After getting the desk, my signal went to about 140 Mbps, and the signal strength was degraded to low... needless to say my connection got dropped many times 

I looked on the net for a new router, and got a Belkin Wireless N1, which was supposed to have a longer range and stronger signal, but I still get a low signal strenght, and my wireless card still disconnects  very often, the speed only increased to about 200 Mbps.

My question is:

I still have my old wireless N router, is there anyway I could use it as a wireless bridge, to get a signal from the N1 router in my room? I cannot move the N1 router in my room as, the apartment has a cable connection there only, and I have my 360 and PS3 hooked to it.

If I were to use my Belkin wireless N router as a bridge, what settings should I use, and should I just plug it directly to my PC using my NIC connection?

Thanks so much for your advice, any help would be greatly appreciated


----------



## 15th Warlock (Jun 28, 2008)

OK, I connected my old N Wireless router to my PC using my NIC cable, and enabled its use as an access point from the setup menu.

My wireless card detects the router with a 100%% signal strength, but when I connect to it the wireless network icon has a warning sign on it, and if I click on it, I get a message stating that this network has a limited connectivity.

If I try to open any web pages, none of them load, but if I connect to the router in the room, I can surf the web with no problems, so its like the routers are not seeing each other.

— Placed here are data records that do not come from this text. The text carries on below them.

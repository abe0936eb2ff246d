//! What crosses between C and the library.

use std::mem::size_of;

/// The options of a call. A context or a list that is empty is none: a document, the core table of character references, no quirks by a list.
#[repr(C)]
#[derive(Clone, Copy)]
pub struct Given<'a> {
    /// The bytes of this struct. A later version may add fields at its end.
    pub size: usize,
    /// The name of the element in which a fragment is.
    pub context: &'a [u8],
    /// The table of character references: JSON, or a flat form of `jz_table`.
    pub entities: &'a [u8],
    /// The quirks list.
    pub quirks: &'a [u8],
    /// The most nodes: 16 to 16,777,216.
    pub nodes: u64,
    /// The most open elements: 16 to 1,048,576.
    pub open: u64,
    /// How many bytes are fed at a time: 1 to 65,536. No answer depends on it.
    pub piece: u64,
    /// The keys of the hashes: 16 random bytes where the input is not trusted. No answer depends on them.
    pub key_low: u64,
    pub key_high: u64,
    /// 1, or 2, which escapes `<` and `>` in attribute values.
    pub escaping: u32,
    /// 0 refuses bytes that are not UTF-8, 1 replaces them.
    pub bad_bytes: u32,
}

/// How a call went.
#[repr(C)]
#[derive(Clone, Copy)]
pub struct Answer {
    /// 0 where all was written, else the number of a refusal or of a fault of the call.
    pub status: u32,
    /// What a refusal names, from 1: an element that is left out of the profile, or what is wrong with a table of references.
    pub detail: u32,
    /// The byte of a refusal, from 0, or the line of a quirks list, from 1.
    pub at: u64,
    /// The bytes of the text, or of the words of a tree, whether there was room for them or not.
    pub length: u64,
    /// The nodes of a tree, whether there was room for them or not.
    pub nodes: u64,
}

/// A node of a tree: its number, its kind, and the nodes around it. A link to no node is 0xFFFFFFFF.
#[repr(C)]
#[derive(Clone, Copy)]
pub struct NodeRow {
    pub number: u32,
    /// 1 a doctype, 2 an element, 3 a comment, 4 a text.
    pub kind: u32,
    pub parent: u32,
    pub first_child: u32,
    pub next: u32,
}

/// A parse error: its byte in the input, and the number of its code, which is its rank.
#[repr(C)]
#[derive(Clone, Copy)]
pub struct ErrorRow {
    pub at: u64,
    pub code: u32,
}

/// How a node came to be.
#[repr(C)]
#[derive(Clone, Copy)]
pub struct OriginRow {
    /// The first byte of the token in whose step it was made; of a text, its first character.
    pub at: u64,
    /// 1 where that token is its own: an element's start tag, a comment, a doctype, a text's characters. 0 where it was made again, or
    /// the token implied it.
    pub in_source: u32,
    /// The element that it was made again of, or 0xFFFFFFFF.
    pub again_of: u32,
}

/// How a call for a page went. The lengths are answered whether there was room or not; that of a part that is not wanted is 0.
#[repr(C)]
#[derive(Clone, Copy)]
pub struct PageAnswer {
    /// As in [`Answer`], and so are the next two.
    pub status: u32,
    pub detail: u32,
    pub at: u64,
    /// The nodes of the tree.
    pub nodes: u64,
    /// The bytes of their words.
    pub words: u64,
    /// The parse errors.
    pub errors: u64,
    /// The bytes of the HTML.
    pub text: u64,
}

// The sizes that the header asserts.
const _: () = prove!(
    size_of::<Given<'static>>() == 104
        && size_of::<Answer>() == 32
        && size_of::<NodeRow>() == 20
        && size_of::<ErrorRow>() == 16
        && size_of::<OriginRow>() == 16
        && size_of::<PageAnswer>() == 48
);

How can I make both routers to see each other, so I can get a better signal in my PC room? id there anything else I need to configure?

Help? Anyone??...


----------



## Polaris573 (Jun 28, 2008)

Most stock router firmwares do not support bridging between routers.  You can check to see if your router is supported by any of the third-party firmwares such as DD-WRT that do support wireless bridging.

Belkin models supported by DD-WRT


----------



## 15th Warlock (Jun 28, 2008)

Polaris573 said:


> Most stock router firmwares do not support bridging between routers.  You can check to see if your router is supported by any of the third-party firmwares such as DD-WRT that do support wireless bridging.
> 
> Belkin models supported by DD-WRT



Neither my old wireless router model F5D8233uk4 nor my new model F5D8231uk4 are on that list 

Will keep on looking for other alternatives... Thanks for your help though.


----------



## 15th Warlock (Jun 28, 2008)

Just ordered three of these cables:

http://www.onsale.com/shop/detail.aspx?dpno=463488&store=onsale&source=bwbfroogle

Will use them to extend the antennae in my PCI wireless network card to a place with better reception, do you think this will help, or did I just throw about 30 bucks away for nothing?


----------



## Wile E (Jun 28, 2008)

If that doesn't work, just buy a better antenna for your wireless card. You can find some pretty cheap.


----------



## mrhuggles (Jun 28, 2008)

i dont think that was a very good idea, i would invest in something good, since the best routers are the cheapest

i run openWRT + X-Wrt[webif²] on a WRT54G v2.0 with 32mb ram, and a couple antennas about twice the size of the normal ones, they were only about 10 dollars on sale

i have only spent about 30 dollars total on my router ever. which is funny because befor i got it, i spent like a few hundred dollars on junk, countless piles of junk that everybody swore on their life were really great routers, then 30 bux and ive got the router I'l have for the rest of my life [unless i ever replace it with an avila gateworks or something]


----------



## spud107 (Jun 28, 2008)

try this (free antenna mod) http://www.freeantennas.com/projects/template2/index.html


----------